Work to be completed: Determine the number of lines in the data that include the word "ReachedBefore", and write only that number.

Task input:

=======

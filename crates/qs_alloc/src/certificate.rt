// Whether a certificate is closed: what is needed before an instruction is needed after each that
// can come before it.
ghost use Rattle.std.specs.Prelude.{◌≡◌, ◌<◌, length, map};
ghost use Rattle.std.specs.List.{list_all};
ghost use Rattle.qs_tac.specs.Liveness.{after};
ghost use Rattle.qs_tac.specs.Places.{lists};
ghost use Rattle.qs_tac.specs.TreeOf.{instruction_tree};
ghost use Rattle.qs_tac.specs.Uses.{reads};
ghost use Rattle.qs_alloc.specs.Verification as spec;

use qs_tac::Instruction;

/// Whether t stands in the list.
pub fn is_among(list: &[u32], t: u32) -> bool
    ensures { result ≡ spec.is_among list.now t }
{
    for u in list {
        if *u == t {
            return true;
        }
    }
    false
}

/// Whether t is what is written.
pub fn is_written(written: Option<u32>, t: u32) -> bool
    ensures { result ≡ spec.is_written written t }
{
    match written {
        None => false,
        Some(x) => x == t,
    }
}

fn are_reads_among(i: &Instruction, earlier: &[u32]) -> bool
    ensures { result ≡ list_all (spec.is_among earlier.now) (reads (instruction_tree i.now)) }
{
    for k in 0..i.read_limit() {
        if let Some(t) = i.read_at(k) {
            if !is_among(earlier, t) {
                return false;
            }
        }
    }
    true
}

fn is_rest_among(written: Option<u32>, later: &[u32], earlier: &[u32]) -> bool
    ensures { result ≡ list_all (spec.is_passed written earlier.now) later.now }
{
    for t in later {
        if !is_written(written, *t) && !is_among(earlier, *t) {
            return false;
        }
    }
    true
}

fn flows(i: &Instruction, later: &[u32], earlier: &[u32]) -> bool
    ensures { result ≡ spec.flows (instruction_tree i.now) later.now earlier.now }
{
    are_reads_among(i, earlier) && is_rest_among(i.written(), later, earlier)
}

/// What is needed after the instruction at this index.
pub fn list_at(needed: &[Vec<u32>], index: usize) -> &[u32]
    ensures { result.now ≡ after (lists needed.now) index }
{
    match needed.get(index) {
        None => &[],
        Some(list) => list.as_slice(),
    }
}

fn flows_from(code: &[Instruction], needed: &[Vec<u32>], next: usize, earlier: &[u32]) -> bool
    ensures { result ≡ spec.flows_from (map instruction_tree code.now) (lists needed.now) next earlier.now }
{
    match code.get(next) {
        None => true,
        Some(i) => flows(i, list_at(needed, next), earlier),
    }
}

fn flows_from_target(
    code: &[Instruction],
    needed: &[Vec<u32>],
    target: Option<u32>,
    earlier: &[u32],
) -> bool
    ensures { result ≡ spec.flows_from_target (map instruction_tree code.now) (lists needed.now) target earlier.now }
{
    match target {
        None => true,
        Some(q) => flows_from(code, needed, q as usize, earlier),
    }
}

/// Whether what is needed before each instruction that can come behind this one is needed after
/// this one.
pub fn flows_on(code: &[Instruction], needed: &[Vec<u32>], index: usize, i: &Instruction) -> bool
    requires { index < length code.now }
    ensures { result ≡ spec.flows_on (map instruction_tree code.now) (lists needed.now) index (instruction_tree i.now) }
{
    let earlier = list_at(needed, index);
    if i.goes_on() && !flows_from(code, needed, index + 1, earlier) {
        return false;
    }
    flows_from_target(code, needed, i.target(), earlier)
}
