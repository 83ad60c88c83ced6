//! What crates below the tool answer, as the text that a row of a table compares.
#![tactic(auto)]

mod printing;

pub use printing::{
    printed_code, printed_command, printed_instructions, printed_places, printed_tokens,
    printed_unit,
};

=======

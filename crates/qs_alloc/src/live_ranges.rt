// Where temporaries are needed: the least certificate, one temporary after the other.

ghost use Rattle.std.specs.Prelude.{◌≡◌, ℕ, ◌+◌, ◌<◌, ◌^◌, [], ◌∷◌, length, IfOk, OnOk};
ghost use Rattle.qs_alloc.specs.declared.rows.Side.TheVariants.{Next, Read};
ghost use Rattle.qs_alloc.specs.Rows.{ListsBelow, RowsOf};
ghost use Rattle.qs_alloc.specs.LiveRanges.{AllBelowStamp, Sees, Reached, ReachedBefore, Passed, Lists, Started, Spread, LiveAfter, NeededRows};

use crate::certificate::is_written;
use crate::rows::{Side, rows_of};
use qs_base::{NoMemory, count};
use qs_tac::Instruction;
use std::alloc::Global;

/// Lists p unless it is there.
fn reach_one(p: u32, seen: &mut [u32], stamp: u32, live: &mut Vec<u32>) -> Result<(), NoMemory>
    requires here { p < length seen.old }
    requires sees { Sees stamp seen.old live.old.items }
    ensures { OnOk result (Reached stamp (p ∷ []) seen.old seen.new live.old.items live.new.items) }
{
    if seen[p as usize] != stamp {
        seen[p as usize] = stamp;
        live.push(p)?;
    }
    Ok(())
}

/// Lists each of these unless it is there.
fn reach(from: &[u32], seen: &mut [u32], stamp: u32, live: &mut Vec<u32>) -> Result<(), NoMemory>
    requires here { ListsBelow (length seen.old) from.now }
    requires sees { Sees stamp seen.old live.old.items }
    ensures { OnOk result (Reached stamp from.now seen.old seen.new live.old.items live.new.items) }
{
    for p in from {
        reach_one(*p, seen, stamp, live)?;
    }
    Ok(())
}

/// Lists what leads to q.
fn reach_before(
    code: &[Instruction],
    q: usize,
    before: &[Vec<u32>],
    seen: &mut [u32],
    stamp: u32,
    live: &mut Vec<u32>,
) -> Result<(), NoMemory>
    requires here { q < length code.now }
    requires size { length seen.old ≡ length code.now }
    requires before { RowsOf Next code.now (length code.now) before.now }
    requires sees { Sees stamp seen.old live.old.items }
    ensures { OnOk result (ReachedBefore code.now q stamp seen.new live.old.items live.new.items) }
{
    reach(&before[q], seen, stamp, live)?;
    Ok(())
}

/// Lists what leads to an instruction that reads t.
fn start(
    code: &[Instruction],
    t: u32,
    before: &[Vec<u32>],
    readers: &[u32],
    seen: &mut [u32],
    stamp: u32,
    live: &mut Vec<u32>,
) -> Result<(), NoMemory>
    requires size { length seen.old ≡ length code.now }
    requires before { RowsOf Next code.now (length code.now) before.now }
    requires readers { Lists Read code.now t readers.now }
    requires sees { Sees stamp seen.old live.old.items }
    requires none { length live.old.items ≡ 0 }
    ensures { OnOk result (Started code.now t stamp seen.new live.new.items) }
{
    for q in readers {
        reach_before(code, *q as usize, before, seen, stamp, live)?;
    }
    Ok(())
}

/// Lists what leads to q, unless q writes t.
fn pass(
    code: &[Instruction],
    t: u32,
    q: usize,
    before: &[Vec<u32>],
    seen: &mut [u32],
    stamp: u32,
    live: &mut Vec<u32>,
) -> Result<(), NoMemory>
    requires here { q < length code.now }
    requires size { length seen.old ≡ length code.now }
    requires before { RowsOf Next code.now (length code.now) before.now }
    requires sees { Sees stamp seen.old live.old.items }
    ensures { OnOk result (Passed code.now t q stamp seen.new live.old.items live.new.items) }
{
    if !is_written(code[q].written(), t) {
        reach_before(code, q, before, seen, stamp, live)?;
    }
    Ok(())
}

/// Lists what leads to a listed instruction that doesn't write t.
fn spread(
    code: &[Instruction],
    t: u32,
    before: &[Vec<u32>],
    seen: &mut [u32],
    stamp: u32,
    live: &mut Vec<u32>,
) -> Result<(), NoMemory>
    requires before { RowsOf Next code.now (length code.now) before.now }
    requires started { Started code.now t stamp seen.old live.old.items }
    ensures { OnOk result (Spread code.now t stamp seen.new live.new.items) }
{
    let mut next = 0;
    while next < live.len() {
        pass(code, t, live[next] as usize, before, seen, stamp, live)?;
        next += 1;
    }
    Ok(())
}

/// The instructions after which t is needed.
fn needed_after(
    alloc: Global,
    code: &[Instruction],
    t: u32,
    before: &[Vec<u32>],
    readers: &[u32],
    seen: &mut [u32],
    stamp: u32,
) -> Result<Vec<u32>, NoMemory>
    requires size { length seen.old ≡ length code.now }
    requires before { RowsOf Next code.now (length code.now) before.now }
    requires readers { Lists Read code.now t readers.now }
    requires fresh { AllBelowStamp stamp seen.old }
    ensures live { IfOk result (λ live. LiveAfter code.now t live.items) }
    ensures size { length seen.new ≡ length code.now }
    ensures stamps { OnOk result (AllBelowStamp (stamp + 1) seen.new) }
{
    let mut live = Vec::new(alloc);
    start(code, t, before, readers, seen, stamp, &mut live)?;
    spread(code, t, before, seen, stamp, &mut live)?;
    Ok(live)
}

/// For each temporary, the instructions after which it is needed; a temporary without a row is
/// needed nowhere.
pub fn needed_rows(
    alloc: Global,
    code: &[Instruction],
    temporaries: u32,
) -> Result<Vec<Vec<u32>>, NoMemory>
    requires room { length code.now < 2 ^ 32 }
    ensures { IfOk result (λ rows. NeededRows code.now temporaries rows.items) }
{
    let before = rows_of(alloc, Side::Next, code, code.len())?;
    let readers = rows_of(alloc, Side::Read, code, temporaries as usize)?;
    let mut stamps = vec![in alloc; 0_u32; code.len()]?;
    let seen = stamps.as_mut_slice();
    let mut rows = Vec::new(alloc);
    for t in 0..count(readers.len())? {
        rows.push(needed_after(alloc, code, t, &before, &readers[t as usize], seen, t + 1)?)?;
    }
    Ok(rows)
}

=======

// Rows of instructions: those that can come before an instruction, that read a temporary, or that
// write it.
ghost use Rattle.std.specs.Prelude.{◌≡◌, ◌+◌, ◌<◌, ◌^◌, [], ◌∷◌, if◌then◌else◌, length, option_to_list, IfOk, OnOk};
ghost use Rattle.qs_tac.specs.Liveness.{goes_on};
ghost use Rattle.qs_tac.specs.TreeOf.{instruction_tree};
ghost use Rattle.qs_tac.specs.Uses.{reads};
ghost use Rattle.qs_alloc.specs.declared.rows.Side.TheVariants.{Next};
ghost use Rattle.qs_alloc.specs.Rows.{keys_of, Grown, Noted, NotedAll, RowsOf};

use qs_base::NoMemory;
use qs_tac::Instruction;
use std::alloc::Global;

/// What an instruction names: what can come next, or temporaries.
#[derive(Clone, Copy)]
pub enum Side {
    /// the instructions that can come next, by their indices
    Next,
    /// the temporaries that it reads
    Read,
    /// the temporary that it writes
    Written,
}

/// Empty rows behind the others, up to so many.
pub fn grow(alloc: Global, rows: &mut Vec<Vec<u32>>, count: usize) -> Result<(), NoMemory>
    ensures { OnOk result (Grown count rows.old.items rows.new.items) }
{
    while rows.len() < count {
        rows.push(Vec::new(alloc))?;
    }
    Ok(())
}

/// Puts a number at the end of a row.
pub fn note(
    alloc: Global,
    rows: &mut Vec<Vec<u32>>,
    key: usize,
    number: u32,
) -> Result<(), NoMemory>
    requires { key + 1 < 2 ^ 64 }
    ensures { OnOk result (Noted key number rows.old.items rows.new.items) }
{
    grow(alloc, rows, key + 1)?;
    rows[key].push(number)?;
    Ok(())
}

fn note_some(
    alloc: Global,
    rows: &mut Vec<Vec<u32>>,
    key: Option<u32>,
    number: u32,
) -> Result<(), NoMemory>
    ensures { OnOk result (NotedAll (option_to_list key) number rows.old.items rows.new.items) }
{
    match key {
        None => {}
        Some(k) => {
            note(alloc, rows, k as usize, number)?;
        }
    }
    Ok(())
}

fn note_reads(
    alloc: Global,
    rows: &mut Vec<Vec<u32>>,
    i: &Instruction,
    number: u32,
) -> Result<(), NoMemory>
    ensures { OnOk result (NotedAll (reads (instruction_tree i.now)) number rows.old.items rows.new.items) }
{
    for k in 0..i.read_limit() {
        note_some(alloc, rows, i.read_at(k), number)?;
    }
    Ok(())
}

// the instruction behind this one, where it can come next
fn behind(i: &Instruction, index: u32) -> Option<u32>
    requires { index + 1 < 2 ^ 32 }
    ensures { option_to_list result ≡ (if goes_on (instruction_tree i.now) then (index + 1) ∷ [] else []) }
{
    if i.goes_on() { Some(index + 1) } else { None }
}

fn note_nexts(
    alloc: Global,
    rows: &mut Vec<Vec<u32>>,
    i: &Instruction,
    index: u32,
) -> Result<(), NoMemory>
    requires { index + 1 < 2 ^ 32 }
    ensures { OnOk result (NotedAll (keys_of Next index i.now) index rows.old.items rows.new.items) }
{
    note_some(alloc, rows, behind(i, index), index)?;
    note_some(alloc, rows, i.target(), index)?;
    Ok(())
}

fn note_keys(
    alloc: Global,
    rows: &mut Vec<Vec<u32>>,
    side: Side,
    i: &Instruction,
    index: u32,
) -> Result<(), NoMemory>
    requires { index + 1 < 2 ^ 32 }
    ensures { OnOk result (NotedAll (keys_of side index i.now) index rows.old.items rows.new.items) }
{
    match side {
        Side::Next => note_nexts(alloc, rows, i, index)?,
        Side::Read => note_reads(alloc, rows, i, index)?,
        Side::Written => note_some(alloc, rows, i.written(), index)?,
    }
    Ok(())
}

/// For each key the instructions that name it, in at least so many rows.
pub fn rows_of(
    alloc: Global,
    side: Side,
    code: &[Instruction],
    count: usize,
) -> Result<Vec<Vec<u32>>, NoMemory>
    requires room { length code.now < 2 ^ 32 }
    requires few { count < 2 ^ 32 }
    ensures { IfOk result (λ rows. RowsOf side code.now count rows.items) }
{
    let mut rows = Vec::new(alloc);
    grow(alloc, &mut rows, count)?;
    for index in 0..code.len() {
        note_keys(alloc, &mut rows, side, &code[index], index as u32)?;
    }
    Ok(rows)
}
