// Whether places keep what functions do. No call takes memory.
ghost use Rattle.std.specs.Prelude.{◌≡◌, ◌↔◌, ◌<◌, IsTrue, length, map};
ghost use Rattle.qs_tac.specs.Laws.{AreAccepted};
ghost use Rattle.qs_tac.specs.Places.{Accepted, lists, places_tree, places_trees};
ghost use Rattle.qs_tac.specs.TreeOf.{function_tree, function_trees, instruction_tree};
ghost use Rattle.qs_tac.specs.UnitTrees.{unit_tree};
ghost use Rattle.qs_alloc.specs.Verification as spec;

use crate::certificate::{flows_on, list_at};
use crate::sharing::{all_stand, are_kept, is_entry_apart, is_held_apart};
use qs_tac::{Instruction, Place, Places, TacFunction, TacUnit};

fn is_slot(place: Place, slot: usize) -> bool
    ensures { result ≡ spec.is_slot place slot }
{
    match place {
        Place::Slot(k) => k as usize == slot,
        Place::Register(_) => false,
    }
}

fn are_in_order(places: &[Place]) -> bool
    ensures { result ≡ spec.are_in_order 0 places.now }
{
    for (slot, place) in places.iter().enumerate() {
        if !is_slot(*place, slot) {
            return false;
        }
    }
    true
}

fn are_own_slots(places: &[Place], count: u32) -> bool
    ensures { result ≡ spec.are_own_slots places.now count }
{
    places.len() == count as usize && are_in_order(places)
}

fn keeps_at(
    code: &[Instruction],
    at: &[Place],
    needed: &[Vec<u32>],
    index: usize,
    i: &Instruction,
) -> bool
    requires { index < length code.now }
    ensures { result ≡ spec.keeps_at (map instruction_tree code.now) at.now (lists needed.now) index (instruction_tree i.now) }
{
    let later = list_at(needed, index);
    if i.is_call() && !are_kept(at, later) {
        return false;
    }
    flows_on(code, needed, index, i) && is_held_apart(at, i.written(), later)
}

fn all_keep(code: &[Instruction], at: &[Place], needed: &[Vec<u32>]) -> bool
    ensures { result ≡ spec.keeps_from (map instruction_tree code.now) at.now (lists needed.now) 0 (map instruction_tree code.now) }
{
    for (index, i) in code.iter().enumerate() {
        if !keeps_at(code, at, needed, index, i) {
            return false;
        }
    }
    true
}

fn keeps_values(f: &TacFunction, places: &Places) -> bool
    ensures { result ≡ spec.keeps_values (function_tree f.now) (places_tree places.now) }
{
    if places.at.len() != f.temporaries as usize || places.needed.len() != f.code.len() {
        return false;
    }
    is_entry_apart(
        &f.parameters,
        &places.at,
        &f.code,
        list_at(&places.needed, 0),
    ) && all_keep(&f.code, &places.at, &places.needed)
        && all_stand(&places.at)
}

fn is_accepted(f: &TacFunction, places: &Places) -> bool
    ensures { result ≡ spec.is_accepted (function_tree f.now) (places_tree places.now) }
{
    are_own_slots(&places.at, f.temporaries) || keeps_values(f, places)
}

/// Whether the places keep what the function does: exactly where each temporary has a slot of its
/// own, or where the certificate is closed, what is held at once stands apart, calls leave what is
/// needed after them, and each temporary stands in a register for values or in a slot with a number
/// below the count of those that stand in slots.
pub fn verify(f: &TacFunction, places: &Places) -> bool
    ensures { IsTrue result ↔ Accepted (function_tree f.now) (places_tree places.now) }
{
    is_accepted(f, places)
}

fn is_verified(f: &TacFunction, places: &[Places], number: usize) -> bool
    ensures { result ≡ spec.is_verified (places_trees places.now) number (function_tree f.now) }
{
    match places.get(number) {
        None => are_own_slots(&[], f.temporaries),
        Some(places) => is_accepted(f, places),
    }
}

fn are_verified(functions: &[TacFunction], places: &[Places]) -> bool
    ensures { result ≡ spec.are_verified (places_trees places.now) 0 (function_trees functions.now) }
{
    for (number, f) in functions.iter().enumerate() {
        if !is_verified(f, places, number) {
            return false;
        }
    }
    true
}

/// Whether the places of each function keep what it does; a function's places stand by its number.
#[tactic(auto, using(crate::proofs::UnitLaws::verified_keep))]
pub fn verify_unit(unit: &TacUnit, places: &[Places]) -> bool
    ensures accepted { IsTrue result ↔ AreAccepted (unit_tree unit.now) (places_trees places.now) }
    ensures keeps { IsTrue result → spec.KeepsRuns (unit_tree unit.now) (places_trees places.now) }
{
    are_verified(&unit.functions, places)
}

=======

The answer: 2